Exemplary Multi-Carrier Transmission System For Scalability In
Source Coding
[0069] The features of (a) augmenting existing single-carrier
systems and (b) eliminating hierarchical modulation rely on
switching from a single carrier system to a multi-carrier scalable
broadcast (MCSB) system. According to various examples, these
features may be implemented in a mobile broadcast network, such as
(for example) a Forward Link Only (FLO) network, a Digital Video
Broadcasting-Handheld (DVB-H) network, an Integrated Services
Digital Broadcasting-Terrestrial (ISDB-T)-compatible network, a
Satellite Digital Multimedia Broadcasting (S-DMB)-compatible
network, an Advanced Television Systems Committee-Mobile/Handheld
(ATSC-M/H)-compatible network, among other types of networks.

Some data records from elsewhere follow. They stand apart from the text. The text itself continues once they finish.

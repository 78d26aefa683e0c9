//! Arithmetic on numbers of 8, 16, 32 and 64 bits, as kernels and programs mean it.
//!
//! `specs/Scalar.antt` says what each operation makes of its numbers. Nothing is undefined: results
//! wrap around, and of a number that is too large for its width the low bits count.
#![tactic(auto)]

pub mod comparison;
mod low;
pub mod resize;
pub mod selection;
pub mod shift;
pub mod two_op;

pub use comparison::Comparison;
pub use resize::Resize;
pub use selection::select;
pub use shift::Shift;
pub use two_op::TwoOp;
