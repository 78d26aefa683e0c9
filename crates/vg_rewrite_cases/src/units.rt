//! Units as text, each in a line of its own.

ghost use Rattle.std.specs.Prelude.{IfOk};
ghost use Rattle.vg_shapes.specs.Sound.{IsSound};

use std::alloc::Global;
use std::test::Fail;
use vg_base::Width;
use vg_kernel::parse_kernel;
use vg_shapes::{Operands, Operator, Ssa, SsaUnit, Wanted};
use vg_ssa::number_more;

/// The numbered values of a kernel that is written so.
pub(crate) fn numbered(alloc: Global, text: &str) -> Result<Ssa, Fail>
    ensures { IfOk result (λ ssa. IsSound ssa) }
{
    let kernel = parse_kernel(alloc, text.as_bytes())?;
    let ssa = number_more(alloc, &kernel)?;
    Ok(ssa)
}

fn push_operand(text: &mut String, x: Wanted) -> Result<(), Fail> {
    match x {
        Wanted::Value(value) => write!(text, " v{value}")?,
        Wanted::Constant { width, value } => write!(text, " {value}:{width}")?,
        Wanted::Nothing => {}
    }
    Ok(())
}

fn push_operator(text: &mut String, op: Operator, width: Width) -> Result<(), Fail> {
    let bits = width.bits();
    match op {
        Operator::Two(op) => write!(text, "{op:?}{bits}")?,
        Operator::Shift(op) => write!(text, "{op:?}{bits}")?,
        Operator::Resize { op, from } => {
            let from = from.bits();
            write!(text, "{op:?}{bits} from {from}")?
        }
        Operator::Compare(op) => write!(text, "{op:?}{bits}")?,
        Operator::Select => write!(text, "Select{bits}")?,
    }
    Ok(())
}

fn push_operands(text: &mut String, amount: u32, xs: Operands) -> Result<(), Fail> {
    push_operand(text, xs.first)?;
    push_operand(text, xs.second)?;
    push_operand(text, xs.third)?;
    if amount > 0 {
        write!(text, " by {amount}")?;
    }
    Ok(())
}

fn push_unit(text: &mut String, unit: SsaUnit) -> Result<(), Fail> {
    match unit {
        SsaUnit::Load { address, width } => {
            let bits = width.bits();
            let pointer = address.pointer;
            let offset = address.offset;
            write!(text, "load{bits} p{pointer}+{offset}")?
        }
        SsaUnit::Store {
            address,
            width,
            value,
        } => {
            let bits = width.bits();
            let pointer = address.pointer;
            let offset = address.offset;
            write!(text, "store{bits} p{pointer}+{offset}")?;
            push_operand(text, value)?
        }
        SsaUnit::Operation {
            op,
            width,
            amount,
            operands,
        } => {
            push_operator(text, op, width)?;
            push_operands(text, amount, operands)?
        }
    }
    Ok(())
}

/// The text of units: pointers and values by their numbers, constants with their widths.
pub(crate) fn spelled(alloc: Global, units: &[SsaUnit]) -> Result<String, Fail> {
    let mut text = String::new(alloc);
    for unit in units {
        push_unit(&mut text, *unit)?;
        text.push_str("\n")?;
    }
    Ok(text)
}
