//! The choice between two numbers.

ghost use Rattle.std.specs.Prelude.{◌≡◌};
ghost use Rattle.vg_scalar.specs.Scalar.{select_result};

/// The first number where the condition, a number of one bit, is 1, else the second.
pub fn select(condition: u64, first: u64, second: u64) -> u64
    ensures { result ≡ select_result condition first second }
{
    if condition % 2 == 1 { first } else { second }
}
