//! Changes of width.

ghost use Rattle.std.specs.Prelude.{◌≡◌, ◌^◌, ◌<◌, ◌≤◌};
ghost use Rattle.vg_base.specs.Width.{bits_of};
ghost use Rattle.vg_scalar.specs.Scalar.{resize_result};

use crate::low::{low, low_of_whole, low_signed};
use vg_base::width::Width;

/// A change of width.
#[derive(Clone, Copy, Debug)]
pub enum Resize {
    /// To more bits, the sign in the new ones.
    Sext,
    /// To more bits, zeros in the new ones.
    Zext,
    /// To fewer bits, the low ones.
    Trunc,
}

impl Resize {
    /// A number of the width `from` at the width `to`, below 2 to that. Of the number the low bits count.
    pub fn apply(self, to: Width, from: Width, number: u64) -> u64
        ensures is { result ≡ resize_result self (bits_of to) (bits_of from) number }
    {
        match self {
            Resize::Sext => low_of_whole(to, low_signed(from, number)),
            Resize::Zext => low(from, number),
            Resize::Trunc => low(to, number),
        }
    }
}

[0070] FIG. 7 illustrates a wireless network that may broadcast a
multimedia bitstream coded using a base layer and enhancement layer
within multi-carrier frequencies. In this example, a multi-carrier
scalable broadcast (MCSB) network 700 may include a MCSB
transmitter device 702 that may transmit video content using
scalable bitstreams (e.g., video content is coded as a base layer
and an enhancement layer), where the scalable bitstreams are
broadcast over different carrier frequencies from the transmitter
device 702. As can be perceived from FIG. 7, transmission of the
base and enhancement layer information or bitstreams using
different frequencies may result in the enhancement layer coverage
area 706 extending through a greater portion of the base layer
coverage area 704. That is, relative to enhancement layer coverage
area 306 illustrated in FIG. 3, using multi-carrier modulation for
the enhancement layer allows an enhancement layer coverage area 706
to occupy a greater portion of the base layer coverage area
704.
[0071] As noted before, in typical or current implementations of a
MediaFLO distribution network, base and enhancement layers are
transmitted on the same carrier frequency. The transmissions of
different content may be differentiated using different modulation
schemes, turbo (inner) code rate, and/or transmit power. However,
in a multi-carrier approach, the base and enhancement layers are
transmitted on different carrier frequencies.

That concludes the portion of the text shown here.